Review: Dave Holland and Chris Potter




Bassist Holland and tenor player Potter joined The Royal Academy of Music big band in one of the jazz gigs of the year, writes Roger Farbey

One of the pre-LJF jazz gigs of the year was undoubtedly the Royal Academy of Music’s big band featuring both Dave Holland, the RAM’s Jazz Artist in Residence and saxophonist Chris Potter (pictured right), RAM’s Visiting Professor of Jazz. Even better was the fact that the concert was one of the inaugural events in the plush purpose-built Susie Sainsbury Theatre with the jazz department making its official debut in this new space.

Holland recorded on Potter’s album Unspoken (Concord, 1997) and the much-vaunted American saxophonist’s first appearance on a Holland album was Prime Directive (ECM, 2000). Since then Potter has appeared on nine more of the bassist’s albums. This concert, the culmination of a week-long residency, featured large-scale works by both musicians including the UK premiere of Dave Holland’s recent project with the Frankfurt Radio Big Band with new arrangements of his older compositions by Jim McNeely.

Significantly and appropriately for someone who has made such a major contribution to jazz, the evening opened with the presentation of honorary membership of the Royal Academy of Music (Hon RAM) to Dave Holland who mentioned in his acceptance speech how delighted he was to share this honour with his old friend, the late Kenny Wheeler, a previous Hon RAM.

The music was stellar and included 10 numbers, five by Holland (pictured left) and five by Potter plus a (pre-arranged) encore of Holland’s The Empty Chair, from his album Prism (Dare2, 2013). The opener, The Razor’s Edge, from What Goes Around, (ECM, 2002) featured for its first solo trumpeter Alex Ridout, who gave a bravura performance.

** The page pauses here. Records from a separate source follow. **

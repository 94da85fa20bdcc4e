// The lexical parts of sequence text: bytes, keys, tokens and faults.
#![tactic(auto)]

ghost use Rattle.std.specs.Prelude.{◌≡◌};
ghost use Rattle.lexical.specs.declared.fault.LineFault.TheVariants.{Number};
ghost use Rattle.lexical.specs.declared.fault.SequenceFault.TheVariants.{Line};

pub mod bytes;
mod display;
pub mod fault;
pub mod key;
pub mod report;
pub mod token;

use fault::{LineFault, NumberFault, SequenceFault};

impl From<NumberFault> for LineFault {
    ghost from_gives = { λ e r. r ≡ Number e };

    fn from(e: NumberFault) -> LineFault {
        LineFault::Number(e)
    }
}

impl From<LineFault> for SequenceFault {
    ghost from_gives = { λ e r. r ≡ Line e };

    fn from(e: LineFault) -> SequenceFault {
        SequenceFault::Line(e)
    }
}

// A number fault straight to the third layer, inside a line fault.
impl From<NumberFault> for SequenceFault {
    ghost from_gives = { λ e r. r ≡ Line (Number e) };

    fn from(e: NumberFault) -> SequenceFault {
        SequenceFault::Line(LineFault::Number(e))
    }
}
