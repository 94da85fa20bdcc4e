// A fault of any layer as numbers; a lower layer's fault is reported as it is.
ghost use Rattle.std.specs.Prelude.{◌≡◌};
ghost use Rattle.lexical.specs.Faults.{place, number_report, line_report, sequence_report, reported as report_of};

use crate::fault::{LineFault, NumberFault, Place, Report, SequenceFault};

impl Place {
    // Where a line begins.
    pub fn line_start(line: usize) -> Place
        ensures { result ≡ place line 1 }
    {
        Place { line, column: 1 }
    }
}

// A cause of a layer at a place.
fn reported(cause: u8, layer: u8, at: Place) -> Report
    ensures { result ≡ report_of cause layer at }
{
    Report {
        cause,
        layer,
        line: at.line,
        column: at.column,
    }
}

// Methods, and no `From` beside them: that would say each definition a second time.
impl NumberFault {
    pub fn report(self) -> Report
        ensures { result ≡ number_report self }
    {
        match self {
            NumberFault::Misspelt(at) => reported(4, 1, at),
            NumberFault::OutOfRange(at) => reported(7, 1, at),
        }
    }
}

impl LineFault {
    pub fn report(self) -> Report
        ensures { result ≡ line_report self }
    {
        match self {
            LineFault::Number(fault) => fault.report(),
            LineFault::Malformed(at) => reported(2, 2, at),
            LineFault::KeyNotAllowed(at) => reported(3, 2, at),
            LineFault::FieldCount(at) => reported(5, 2, at),
            LineFault::UnknownWord(at) => reported(6, 2, at),
        }
    }
}

impl SequenceFault {
    pub fn report(self) -> Report
        ensures { result ≡ sequence_report self }
    {
        match self {
            SequenceFault::Line(fault) => fault.report(),
            SequenceFault::TextTooLong => reported(1, 3, Place { line: 0, column: 0 }),
            SequenceFault::TooManyLines(at) => reported(8, 3, at),
            SequenceFault::NothingThere(at) => reported(9, 3, at),
            SequenceFault::WrongAutomaton(at) => reported(10, 3, at),
            SequenceFault::WrongEdgeCount(at) => reported(11, 3, at),
        }
    }
}
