// The lines of a sequence text, each read into the part that it says.
#![tactic(auto)]

pub mod condition;
pub mod counts;
pub mod edge;
pub mod location;
pub mod present;
pub mod task;
pub mod variable;
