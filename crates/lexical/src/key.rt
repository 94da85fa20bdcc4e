// The keys of the lines of a sequence text.
ghost use Rattle.std.specs.Prelude.{◌≡◌};
ghost use Rattle.lexical.specs.Keys.{key_named};

#[derive(Clone, Copy, PartialEq, Eq)]
pub enum Key {
    Form,
    Autos,
    Clocks,
    Triggers,
    Chans,
    Var,
    Task,
    Set,
    Loc,
    Inv,
    Edge,
    Clk,
    Dif,
    Val,
    Zero,
    Edges,
}

// The key that bytes are, or none: an `Option` and no `TryFrom`, since who asks makes the fault, with its place.
#[tactic(auto, using(crate::proofs::Named::none_named))]
pub fn key_named(key: &[u8]) -> Option<Key>
    ensures { result ≡ key_named key.now }
{
    match key {
        b"form" => Some(Key::Form),
        b"autos" => Some(Key::Autos),
        b"clocks" => Some(Key::Clocks),
        b"triggers" => Some(Key::Triggers),
        b"chans" => Some(Key::Chans),
        b"var" => Some(Key::Var),
        b"task" => Some(Key::Task),
        b"set" => Some(Key::Set),
        b"loc" => Some(Key::Loc),
        b"inv" => Some(Key::Inv),
        b"edge" => Some(Key::Edge),
        b"clk" => Some(Key::Clk),
        b"dif" => Some(Key::Dif),
        b"val" => Some(Key::Val),
        b"zero" => Some(Key::Zero),
        b"edges" => Some(Key::Edges),
        _ => None,
    }
}
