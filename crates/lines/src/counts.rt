// The key and the value of a line, and the five lines of counts. A line's number stands beside it: who cuts the text counts.
ghost use Rattle.std.specs.Prelude.{◌≡◌, ◌≤◌, length, IfOk, Ok, Err, MatchResult};
ghost use Rattle.lexical.specs.Bytes.{pieces, newline};
ghost use Rattle.lexical.specs.Fields.{on};
ghost use Rattle.lexical.specs.Tokens.{KeyAt, token_bytes};
ghost use Rattle.grammar.specs.Reading.{key_and_value, value_place, counted as CountedOf, count_line, read_counts};

use fields::split::one_field;
use fields::text::FieldText;
use lexical::bytes::cut_at;
use lexical::fault::{LineFault, Place, SequenceFault};
use lexical::key::{Key, key_named};
use lexical::token::Token;
use parts::part::Counts;

// The key of a line, of 1 to 8 bytes before the first `=`, and the value behind it.
pub fn key_and_value<'a>(
    line: &'a [u8],
    number: usize,
) -> Result<(Token<'a>, FieldText<'a>), SequenceFault>
    ensures parted { MatchResult result (λ p. key_and_value number line.now ≡ Ok (token_bytes p.0, p.1.bytes.now)) (λ e. key_and_value number line.now ≡ Err e) }
    ensures placed { IfOk result (λ p. p.1.at ≡ value_place number (token_bytes p.0)) }
    ensures keyed { IfOk result (λ p. KeyAt 1 p.0) }
    ensures short { IfOk result (λ p. length (token_bytes p.0) ≤ 8) }
{
    match cut_at(line, b'=') {
        Some((key, bytes)) if 1 <= key.len() && key.len() <= 8 => {
            let key = Token::Key(key, 1);
            let at = value_place(key, number);
            Ok((key, FieldText { bytes, at }))
        }
        _ => Err(LineFault::Malformed(Place::line_start(number)).into()),
    }
}

// Where the value behind a key stands, in a line with this number.
pub fn value_place(key: Token, number: usize) -> Place
    requires key_at { KeyAt 1 key }
    requires key_len_bound { length (token_bytes key) ≤ 40960 }
    ensures { result ≡ value_place number (token_bytes key.entry) }
{
    Place {
        line: number,
        column: key.column() + key.bytes().len() + 1,
    }
}

// The number on a line that has to have this key.
fn counted(key: Key, low: u32, high: u32, number: usize, line: &[u8]) -> Result<u32, SequenceFault>
    ensures read { result ≡ on (key_and_value number line.now) (CountedOf key low high number) }
    ensures within { IfOk result (λ n. n ≤ high) }
{
    let (name, value) = key_and_value(line, number)?;
    if key_named(name.bytes()) != Some(key) {
        return Err(LineFault::KeyNotAllowed(Place::line_start(number)).into());
    }
    let x = one_field(value.bytes, value.at)?;
    Ok(x.number(low, high)?)
}

// The number on the first line, which has to have this key, and the text behind that line.
pub fn count_line<'a>(
    key: Key,
    low: u32,
    high: u32,
    number: usize,
    text: &'a [u8],
) -> Result<(u32, &'a [u8]), SequenceFault>
    ensures read { MatchResult result (λ p. count_line key low high number (pieces newline text.now) ≡ Ok (p.0, pieces newline p.1.now)) (λ e. count_line key low high number (pieces newline text.now) ≡ Err e) }
    ensures within { IfOk result (λ p. p.0 ≤ high) }
{
    let start = Place::line_start(number);
    let (line, rest) = cut_at(text, b'\n').ok_or(LineFault::Malformed(start))?;
    Ok((counted(key, low, high, number, line)?, rest))
}

// The counts on the first five lines, and the text behind them.
pub fn read_counts<'a>(text: &'a [u8]) -> Result<(Counts, &'a [u8]), SequenceFault>
    ensures { MatchResult result (λ p. read_counts (pieces newline text.now) ≡ Ok (p.0, pieces newline p.1.now)) (λ e. read_counts (pieces newline text.now) ≡ Err e) }
{
    let (_, second) = count_line(Key::Form, 1, 1, 1, text)?;
    let (automata, third) = count_line(Key::Autos, 1, 8, 2, second)?;
    let (clocks, fourth) = count_line(Key::Clocks, 0, 16, 3, third)?;
    let (triggers, fifth) = count_line(Key::Triggers, 0, 16, 4, fourth)?;
    let (channels, rest) = count_line(Key::Chans, 0, 8, 5, fifth)?;
    let counts = Counts {
        automata: automata as u8,
        clocks: clocks as u8,
        triggers: triggers as u8,
        channels: channels as u8,
    };
    Ok((counts, rest))
}
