// Tasks.
ghost use Rattle.std.specs.Prelude.{◌≡◌};
ghost use Rattle.lexical.specs.declared.key.Key.TheVariants.{Task as task_key};
ghost use Rattle.grammar.specs.Lines.{nothing_there};
ghost use Rattle.grammar.specs.Reading.{task_of};
ghost use Rattle.lines.specs.Values.{part_of};

use fields::text::FieldText;
use lexical::fault::SequenceFault;
use parts::part::Task;

// C, D and P of a task, which assigns nothing yet.
pub fn task_line(value: FieldText) -> Result<Task, SequenceFault>
    ensures { result ≡ part_of nothing_there task_key task_of value.entry.at value.entry.bytes.now }
{
    let (x, y, z, _) = value.fields(3)?;
    let cost = x.number(1, 1000000)?;
    let deadline = y.number(cost, 1000000)?;
    let priority = z.number(0, 255)?;
    Ok(Task {
        cost,
        deadline,
        priority,
        assignments: [None; 4],
    })
}
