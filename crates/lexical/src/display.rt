// How a report is printed.
ghost use Rattle.std.specs.Prelude.{Some};
ghost use Rattle.lexical.specs.Shown.{report_text};

use crate::fault::Report;
use std::fmt;

impl fmt::Display for Report {
    ghost output = { λ r. Some (report_text r) };

    fn fmt<W: fmt::Write>(&self, f: &mut fmt::Formatter<W>) -> fmt::Result {
        let Report {
            cause,
            layer,
            line,
            column,
        } = *self;
        write!(f, "refused={cause},{layer},{line},{column}")
    }
}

Of the remaining Holland numbers, compositions included Make Believe and Juggler’s Parade from Prime Directive (ECM, 2000) where the latter piece included a vibrant and blues-edged bass solo from the maestro. The penultimate number, Holland’s Cosmosis from Not For Nothin’ (ECM, 2001) was introduced with an electrifying and inventive drum solo from Luca Caruso.

Potter’s compositions comprised new pieces constructed around lyrics taken from various poems by Sappho, Kabir et al. These were elegantly sung in turn by Ella Hohnen-Ford and Liselotte Östblom. The former took the honours on It Can Never Be Mine which benefited from a coruscating guitar solo from Aubin Vanns. The Coltranesque To What Shore was enhanced by Östblom’s incredibly powerful vocals.

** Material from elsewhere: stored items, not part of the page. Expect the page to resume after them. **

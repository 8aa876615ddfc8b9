//! The roots of sets that are edited in place.
ghost use Rattle.std.specs.Prelude.{◌≡◌, ◌+◌, ◌<◌, ◌≤◌, List, IfOk, IfErr, OnOk, OnErr};
ghost use Rattle.std.specs.BTreeSet.{insert_key};
ghost use Rattle.elem_core.specs.declared.codes.TheConstants.{LEVELS};
ghost use Rattle.node_heap.specs.Heap.{holds_at, hold_count, quarter_holds};
ghost use Rattle.champ_trie.specs.declared.TheConstants.{ADD_NODES};
ghost use Rattle.versions.specs.Roots.{Edits};
ghost use Rattle.versions.specs.Sorted.{remove_key};
ghost use Rattle.versions.specs.Keyed.{alike, IsKeySet};

use champ_kinds::{MapFault, Set};
use edit_trie::SetEdit;
use elem_core::{CODE_BITS, Element, NoMemory, Probe};
use node_heap::{Heap, Link};

// The set with the key, in place of the old one, of which a hold is spent. Err gives the key back where memory runs out.
pub(crate) fn with_key_here<K: Element>(heap: &mut Heap<K>, root: Link, key: K) -> Result<Link, K>
    requires set { (ks : List K) × IsKeySet K.cmp K.code_of heap.old root ks }
    requires few { hold_count heap.old < quarter_holds }
    requires held { 0 < holds_at heap.old root }
    ensures edits { (ks : List K) → IsKeySet K.cmp K.code_of heap.old root ks →
        IfOk result (λ l. Edits (IsKeySet K.cmp K.code_of) heap.old heap.new root l (insert_key K.cmp ks key)) }
    ensures made { (ks : List K) → IsKeySet K.cmp K.code_of heap.old root ks →
        OnOk result (heap.new.made ≤ heap.old.made + (1 + ADD_NODES + alike K.code_of key ks)) }
    ensures back { IfErr result (λ k. k ≡ key) }
    ensures refused { OnErr result (heap.new ≡ heap.old) }
{
    let mut edit = SetEdit::open(Set::from_root(root, CODE_BITS));
    match edit.insert(heap, key) {
        Ok(_) => Ok(edit.freeze().into_root()),
        Err(MapFault { key }) => {
            edit.freeze().into_root();
            Err(key)
        }
    }
}

// The set without the key, in place of the old one, of which a hold is spent. Err where memory runs out.
pub(crate) fn without_key_here<K: Element, P: Probe<K>>(
    heap: &mut Heap<K>,
    root: Link,
    key: &P,
) -> Result<Link, NoMemory>
    requires set { (ks : List K) × IsKeySet K.cmp K.code_of heap.old root ks }
    requires few { hold_count heap.old < quarter_holds }
    requires held { 0 < holds_at heap.old root }
    ensures edits { (ks : List K) → IsKeySet K.cmp K.code_of heap.old root ks →
        IfOk result (λ l. Edits (IsKeySet K.cmp K.code_of) heap.old heap.new root l (remove_key K.cmp ks (P.stands_for key.now))) }
    ensures made { (ks : List K) → IsKeySet K.cmp K.code_of heap.old root ks →
        OnOk result (heap.new.made ≤ heap.old.made + (LEVELS + alike K.code_of (P.stands_for key.now) ks)) }
    ensures refused { OnErr result (heap.new ≡ heap.old) }
{
    let mut edit = SetEdit::open(Set::from_root(root, CODE_BITS));
    match edit.remove(heap, key) {
        Ok(_) => Ok(edit.freeze().into_root()),
        Err(fault) => {
            edit.freeze().into_root();
            Err(fault)
        }
    }
}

However, the soloist of the night was undoubtedly Potter, whose dynamic, barnstorming playing featured unfettered torrents of notes that at times ascended into the stratospheric registers of the tenor.

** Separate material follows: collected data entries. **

//! The roots of merged sets and maps.
ghost use Rattle.std.specs.Prelude.{◌≡◌, ℕ, ◌+◌, ◌*◌, ◌<◌, ◌≤◌, List, length, IfOk, OnOk, OnErr};
ghost use Rattle.node_heap.specs.Heap.{form_at, node_count, hold_count, quarter_holds};
ghost use Rattle.same_value.specs.Apart.{HasApart};
ghost use Rattle.versions.specs.Roots.{Makes};
ghost use Rattle.versions.specs.Sorted.{both, less, map_both as map_both_of, map_less as map_less_of, map_union as map_union_of, union};
ghost use Rattle.versions.specs.Keyed.{IsKeySet};
ghost use Rattle.versions.specs.Bound.{IsKeyMap};

use crate::piece::Piece;
use champ_kinds::{MapRef, SetRef};
use elem_core::{CODE_BITS, Element, NoMemory};
use node_heap::{Heap, Link};
use set_merge::{map_both, map_less, map_union, set_both, set_less, set_union};

// The set of the keys of either. Err where memory runs out.
pub(crate) fn keys_of_either<K: Element>(
    heap: &mut Heap<K>,
    first: Link,
    second: Link,
) -> Result<Link, NoMemory>
    requires first { (ks : List K) × IsKeySet K.cmp K.code_of heap.old first ks }
    requires second { (js : List K) × IsKeySet K.cmp K.code_of heap.old second js }
    requires few { hold_count heap.old < quarter_holds }
    ensures made { (ks js : List K) → IsKeySet K.cmp K.code_of heap.old first ks → IsKeySet K.cmp K.code_of heap.old second js →
        IfOk result (λ l. Makes (IsKeySet K.cmp K.code_of) heap.old heap.new l (union K.cmp ks js)) }
    ensures apart { (rows others : List ℕ) → HasApart (form_at heap.old) first second rows → HasApart (form_at heap.old) second first others →
        OnOk result (node_count heap.new ≤ node_count heap.old + 512 * (length rows + length others)) }
    ensures refused { OnErr result (heap.new ≡ heap.old) }
{
    let first = SetRef::at(first, CODE_BITS);
    let second = SetRef::at(second, CODE_BITS);
    let set = set_union(heap, first, second)?;
    Ok(set.into_root())
}

// The set of the keys of both. Err where memory runs out.
pub(crate) fn keys_of_both<K: Element>(
    heap: &mut Heap<K>,
    first: Link,
    second: Link,
) -> Result<Link, NoMemory>
    requires first { (ks : List K) × IsKeySet K.cmp K.code_of heap.old first ks }
    requires second { (js : List K) × IsKeySet K.cmp K.code_of heap.old second js }
    requires few { hold_count heap.old < quarter_holds }
    ensures made { (ks js : List K) → IsKeySet K.cmp K.code_of heap.old first ks → IsKeySet K.cmp K.code_of heap.old second js →
        IfOk result (λ l. Makes (IsKeySet K.cmp K.code_of) heap.old heap.new l (both K.cmp ks js)) }
    ensures apart { (rows others : List ℕ) → HasApart (form_at heap.old) first second rows → HasApart (form_at heap.old) second first others →
        OnOk result (node_count heap.new ≤ node_count heap.old + 512 * (length rows + length others)) }
    ensures refused { OnErr result (heap.new ≡ heap.old) }
{
    let first = SetRef::at(first, CODE_BITS);
    let second = SetRef::at(second, CODE_BITS);
    let set = set_both(heap, first, second)?;
    Ok(set.into_root())
}

// The set of the keys of the first alone. Err where memory runs out.
pub(crate) fn keys_of_first<K: Element>(
    heap: &mut Heap<K>,
    first: Link,
    second: Link,
) -> Result<Link, NoMemory>
    requires first { (ks : List K) × IsKeySet K.cmp K.code_of heap.old first ks }
    requires second { (js : List K) × IsKeySet K.cmp K.code_of heap.old second js }
    requires few { hold_count heap.old < quarter_holds }
    ensures made { (ks js : List K) → IsKeySet K.cmp K.code_of heap.old first ks → IsKeySet K.cmp K.code_of heap.old second js →
        IfOk result (λ l. Makes (IsKeySet K.cmp K.code_of) heap.old heap.new l (less K.cmp ks js)) }
    ensures apart { (rows others : List ℕ) → HasApart (form_at heap.old) first second rows → HasApart (form_at heap.old) second first others →
        OnOk result (node_count heap.new ≤ node_count heap.old + (512 * (length rows + length others) + 1)) }
    ensures refused { OnErr result (heap.new ≡ heap.old) }
{
    let first = SetRef::at(first, CODE_BITS);
    let second = SetRef::at(second, CODE_BITS);
    let set = set_less(heap, first, second)?;
    Ok(set.into_root())
}

// The map of the entries of either, those of the first where both have the key. Err where memory runs out.
pub(crate) fn entries_of_either<K: Element, V: Ord + Drop>(
    heap: &mut Heap<Piece<K, V>>,
    first: Link,
    second: Link,
) -> Result<Link, NoMemory>
    requires first { (es : List (K × V)) × IsKeyMap K.cmp V.cmp K.code_of heap.old first es }
    requires second { (ds : List (K × V)) × IsKeyMap K.cmp V.cmp K.code_of heap.old second ds }
    requires few { hold_count heap.old < quarter_holds }
    ensures made { (es ds : List (K × V)) → IsKeyMap K.cmp V.cmp K.code_of heap.old first es → IsKeyMap K.cmp V.cmp K.code_of heap.old second ds →
        IfOk result (λ l. Makes (IsKeyMap K.cmp V.cmp K.code_of) heap.old heap.new l (map_union_of K.cmp es ds)) }
    ensures apart { (rows others : List ℕ) → HasApart (form_at heap.old) first second rows → HasApart (form_at heap.old) second first others →
        OnOk result (node_count heap.new ≤ node_count heap.old + 512 * (length rows + length others)) }
    ensures refused { OnErr result (heap.new ≡ heap.old) }
{
    let first = MapRef::at(first, CODE_BITS);
    let second = MapRef::at(second, CODE_BITS);
    let map = map_union(heap, first, second)?;
    Ok(map.into_root())
}

// The map of the entries of the first whose keys are in both. Err where memory runs out.
pub(crate) fn entries_of_both<K: Element, V: Ord + Drop>(
    heap: &mut Heap<Piece<K, V>>,
    first: Link,
    second: Link,
) -> Result<Link, NoMemory>
    requires first { (es : List (K × V)) × IsKeyMap K.cmp V.cmp K.code_of heap.old first es }
    requires second { (ds : List (K × V)) × IsKeyMap K.cmp V.cmp K.code_of heap.old second ds }
    requires few { hold_count heap.old < quarter_holds }
    ensures made { (es ds : List (K × V)) → IsKeyMap K.cmp V.cmp K.code_of heap.old first es → IsKeyMap K.cmp V.cmp K.code_of heap.old second ds →
        IfOk result (λ l. Makes (IsKeyMap K.cmp V.cmp K.code_of) heap.old heap.new l (map_both_of K.cmp es ds)) }
    ensures apart { (rows others : List ℕ) → HasApart (form_at heap.old) first second rows → HasApart (form_at heap.old) second first others →
        OnOk result (node_count heap.new ≤ node_count heap.old + 512 * (length rows + length others)) }
    ensures refused { OnErr result (heap.new ≡ heap.old) }
{
    let first = MapRef::at(first, CODE_BITS);
    let second = MapRef::at(second, CODE_BITS);
    let map = map_both(heap, first, second)?;
    Ok(map.into_root())
}

// The map of the entries of the first whose keys are in it alone. Err where memory runs out.
pub(crate) fn entries_of_first<K: Element, V: Ord + Drop>(
    heap: &mut Heap<Piece<K, V>>,
    first: Link,
    second: Link,
) -> Result<Link, NoMemory>
    requires first { (es : List (K × V)) × IsKeyMap K.cmp V.cmp K.code_of heap.old first es }
    requires second { (ds : List (K × V)) × IsKeyMap K.cmp V.cmp K.code_of heap.old second ds }
    requires few { hold_count heap.old < quarter_holds }
    ensures made { (es ds : List (K × V)) → IsKeyMap K.cmp V.cmp K.code_of heap.old first es → IsKeyMap K.cmp V.cmp K.code_of heap.old second ds →
        IfOk result (λ l. Makes (IsKeyMap K.cmp V.cmp K.code_of) heap.old heap.new l (map_less_of K.cmp es ds)) }
    ensures apart { (rows others : List ℕ) → HasApart (form_at heap.old) first second rows → HasApart (form_at heap.old) second first others →
        OnOk result (node_count heap.new ≤ node_count heap.old + (512 * (length rows + length others) + 1)) }
    ensures refused { OnErr result (heap.new ≡ heap.old) }
{
    let first = MapRef::at(first, CODE_BITS);
    let second = MapRef::at(second, CODE_BITS);
    let map = map_less(heap, first, second)?;
    Ok(map.into_root())
}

The other star, besides Holland of course, who never disappoints, was the Royal Academy big band itself, led and conducted by the ever-enthusiastic and indefatigable Nick Smart (RAM’s Head of Jazz). This array of super-talented undergraduates plays as well as any big band and probably better than most. The term world-class seems never more appropriate than when evaluating their collective, expertly-honed, skills. Considering the complexity of all the compositions played during the evening this was no mean feat, especially when Smart revealed self-effacingly to the audience that they picked up the scores and ran with them with just a couple of weeks’ rehearsals. However, from an audience point of view this was no mere pick-up band but an unquestionably brilliant big band performance.